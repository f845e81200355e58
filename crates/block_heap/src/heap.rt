ghost use Rattle.std.specs.Prelude.{◌≡◌, ◌↔◌, ◌-◌, ◌^◌, ◌<◌, ◌≤◌, length, Some, IsSome, IfOk, IfSome, true, is_some, not, option_and_then, option_map, slice_get, slice_set, count_by, vec_len, vec_capacity};
ghost use Rattle.block_heap.specs.Cells.{IsFreeList, content, drawn, given_up, is_free, is_free_at, new_cells, with_owner};
ghost use Rattle.block_heap.specs.declared.cell.Cell.{Cell as CellValue};
ghost use Rattle.block_heap.specs.HeapLending.{LendsBlockAt};
ghost use Rattle.std.specs.Borrow.{sem};

use crate::cell::Cell;
use std::alloc::Global;
use std::marker::Model;
use voxel_block::{Block, BlockKey, NoMemory};

/// A fixed number of cells, numbered from 0, each with a block, and the numbers of the free ones.
///
/// Only `make` allocates.
#[derive(Drop)]
pub struct Heap {
    cells: Vec<Cell>,
    free: Vec<u32>,
}

impl Model for Heap {
    ghost use Rattle.std.specs.Prelude.{◌<◌, ◌≤◌, ◌^◌, vec_len, vec_capacity};
    ghost use Rattle.block_heap.specs.Cells.{Cells, IsFreeList};

    ghost Value = { Cells };

    ghost view = { λ h. record { cells = h.cells.items; free = h.free.items } };

    ghost invariant = { λ h. IsFreeList h.cells.items h.free.items × (vec_len h.cells < 2 ^ 32)
        × (vec_len h.cells ≤ vec_capacity h.free) };
}

impl Heap {
    /// A heap of `n` free cells with new voxels. The lowest number is drawn first. All memory is allocated
    /// here, about 1.5 KB a cell.
    pub fn make(alloc: Global, n: u32) -> Result<Heap, NoMemory>
        requires least { 1 ≤ n }
        requires most { n ≤ 65536 }
        ensures value { IfOk result (λ h. h ≡ new_cells n) }
        ensures list { IfOk result (λ h. IsFreeList h.cells h.free) }
    {
        let mut cells = Vec::with_capacity(alloc, n as usize)?;
        let mut free = Vec::with_capacity(alloc, n as usize)?;
        for i in 0..n {
            cells.push_reserved(Cell::Free(Block::make(alloc)?));
            free.push_reserved(n - 1 - i);
        }
        Ok(Heap { cells, free })
    }

    /// The heap with these cells, where these are the numbers of the free ones.
    pub fn of_parts(cells: Vec<Cell>, free: Vec<u32>) -> Heap
        requires list { IsFreeList cells.items free.items }
        requires short { vec_len cells < 2 ^ 32 }
        requires room { vec_len cells ≤ vec_capacity free }
        ensures { result ≡ record { cells = cells.items; free = free.items } }
    {
        Heap { cells, free }
    }

    /// The cells, and the numbers of the free ones, a list with capacity for all cells.
    pub fn into_parts(self) -> (Vec<Cell>, Vec<u32>)
        ensures cells { result.0.items ≡ self.cells }
        ensures free { result.1.items ≡ self.free }
        ensures list { IsFreeList self.cells self.free }
        ensures short { vec_len result.0 < 2 ^ 32 }
        ensures room { vec_len result.0 ≤ vec_capacity result.1 }
    {
        (self.cells, self.free)
    }

    /// The number of cells.
    pub fn cell_count(&self) -> u32
        ensures value { result ≡ length self.now.cells }
        ensures list { IsFreeList self.now.cells self.now.free }
    {
        self.cells.len() as u32
    }

    /// The number of free cells.
    pub fn free_count(&self) -> u32
        ensures value { result ≡ length self.now.free }
        ensures cells { result ≡ count_by is_free self.now.cells }
        ensures list { IsFreeList self.now.cells self.now.free }
    {
        self.free.len() as u32
    }

    /// The key and the block of the cell of this number. `None` exactly where the cell is free.
    pub fn lend(&self, cell: u32) -> Option<(BlockKey, &Block)>
        requires { cell < length self.now.cells }
        ensures value { option_map (λ p. (p.0, p.1.now)) result ≡ option_and_then content (slice_get self.now.cells cell) }
        ensures owned { is_some result ≡ not (is_free_at self.now.cells cell) }
        ensures list { IsFreeList self.now.cells self.now.free }
    {
        match &self.cells[cell as usize] {
            Cell::Free(_) => None,
            Cell::Owned(key, block) => Some((*key, block)),
        }
    }

    /// The block of the cell of this number, to be changed. `None` exactly where the cell is free.
    pub fn lend_mut(&mut self, cell: u32) -> Option<&mut Block>
        requires { cell < length self.old.cells }
        ensures* writes_back { sem 𝓛 (LendsBlockAt self.entry cell result) }
        ensures value { option_map (λ b. b.now) result ≡ option_map (λ p. p.1) (option_and_then content (slice_get self.old.cells cell)) }
        ensures owned { is_some result ≡ not (is_free_at self.old.cells cell) }
        ensures list { IsFreeList self.old.cells self.old.free }
    {
        self.cells[cell as usize].block_mut()
    }

    /// Gives a free cell to the key, with new voxels, and returns its number. `None` exactly where no cell is free.
    pub fn draw(&mut self, key: BlockKey) -> Option<u32>
        ensures value { result ≡ slice_get self.old.free (length self.old.free - 1) }
        ensures variant { IsSome result ↔ (0 < length self.old.free) }
        ensures after { self.new ≡ drawn self.old key result }
        ensures count { length self.new.cells ≡ length self.old.cells }
        ensures free { IfSome result (λ n. is_free_at self.old.cells n ≡ true) }
        ensures list { IsFreeList self.new.cells self.new.free }
    {
        let cell = self.free.pop()?;
        set_owner(&mut self.cells, cell as usize, Some(key));
        Some(cell)
    }

    /// Frees the cell of this number. A free cell stays as it is, and its number is not added again.
    pub fn give_up(&mut self, cell: u32)
        requires { cell < length self.old.cells }
        ensures after { self.new ≡ given_up self.old cell }
        ensures count { length self.new.cells ≡ length self.old.cells }
        ensures list { IsFreeList self.new.cells self.new.free }
    {
        if self.cells[cell as usize].is_free() {
            return;
        }
        set_owner(&mut self.cells, cell as usize, None);
        self.free.push_reserved(cell);
    }
}

// Gives the cell of this number to the key, with new voxels, or frees it, with the block that it has.
fn set_owner(cells: &mut Vec<Cell>, i: usize, owner: Option<BlockKey>)
    requires { i < vec_len cells.old }
    ensures cells { (c : CellValue) → slice_get cells.old.items i ≡ Some c → cells.new.items ≡ slice_set cells.old.items i (with_owner c owner) }
    ensures len { vec_len cells.new ≡ vec_len cells.old }
{
    let cell = cells.swap_remove(i);
    cells.push_reserved(cell.with_owner(owner));
    let last = cells.len() - 1;
    cells.swap(i, last);
}
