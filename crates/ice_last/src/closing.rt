//! What is known of a session while its records are read.
use crate::watch::Watch;
use ice_check_records::Checker;
use ice_journal::Line;
use ice_reading::Reader;
use std::alloc::{AllocError, Global};
use std::mem;

/// What is known of a session while its records are read: how far its tests have come, and what
/// its last settlement needs beside.
#[derive(Drop)]
pub(crate) struct Closing {
    pub(crate) alloc: Global,
    pub(crate) checker: Checker,
    pub(crate) watch: Watch,
}

impl Reader for Closing {
    ghost use Rattle.ice_last.specs.Reading.{ClosesOn};

    ghost line = { λ closing. closing.checker.line };

    ghost step = { ClosesOn };

    fn take(&mut self, next: &Line) -> Result<(), AllocError> {
        let watch = mem::replace(&mut self.watch, Watch::Start);
        self.watch = watch.after(self.alloc, next)?;
        self.checker.feed(next)?;
        Ok(())
    }
}
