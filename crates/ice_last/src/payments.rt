//! The payments behind the last cut of a journal.
ghost use Rattle.std.specs.Prelude.{◌≡◌, [], ◌∷◌, ◌++◌, OnOk};
ghost use Rattle.ice_frac.specs.Lowest.{IsLowest};
ghost use Rattle.ice_journal.specs.Lines.{record_of, fraction_of};
ghost use Rattle.ice_journal.specs.Ranges.{IsRecord};
ghost use Rattle.ice_last.specs.Watching.{PaysOn};

use ice_frac::Frac;
use ice_journal::{Line, LowestFraction};
use std::alloc::AllocError;

/// The fraction that a record states.
fn fraction(stated: &LowestFraction) -> Frac
    requires { IsLowest (fraction_of stated.now) }
    ensures { result ≡ fraction_of stated.now }
{
    match Frac::new(i128::from(stated.num), i128::from(stated.den)) {
        Some(fraction) => fraction,
        None => unreachable!(),
    }
}

/// One more payment.
fn push_payment(payments: &mut Vec<Frac>, payment: &LowestFraction) -> Result<(), AllocError>
    requires { IsLowest (fraction_of payment.now) }
    ensures { OnOk result (payments.new.items
        ≡ payments.old.items ++ fraction_of payment.now ∷ []) }
{
    payments.push(fraction(payment))?;
    Ok(())
}

/// Takes what the next record says of payments: a cut begins them anew, and a payment is one more.
pub(crate) fn take_payment(payments: &mut Vec<Frac>, line: &Line) -> Result<(), AllocError>
    requires { IsRecord (record_of line.now) }
    ensures { OnOk result (PaysOn payments.old.items (record_of line.now) payments.new.items) }
{
    match line {
        Line::Threshold { .. } => {
            payments.clear();
            Ok(())
        }
        Line::Payment { payment, .. } => push_payment(payments, payment),
        _ => Ok(()),
    }
}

DESCRIPTION OF THE TASK
Looking at the data above, write out exactly the lines that start at the one containing "IsFreeList cells.items free.items" and end at the one containing "result.1.items ≡ self.free"; include both and nothing beyond.

EXERCISE SOLUTION
        requires list { IsFreeList cells.items free.items }
        requires short { vec_len cells < 2 ^ 32 }
        requires room { vec_len cells ≤ vec_capacity free }
        ensures { result ≡ record { cells = cells.items; free = free.items } }
    {
        Heap { cells, free }
    }

    /// The cells, and the numbers of the free ones, a list with capacity for all cells.
    pub fn into_parts(self) -> (Vec<Cell>, Vec<u32>)
        ensures cells { result.0.items ≡ self.cells }
        ensures free { result.1.items ≡ self.free }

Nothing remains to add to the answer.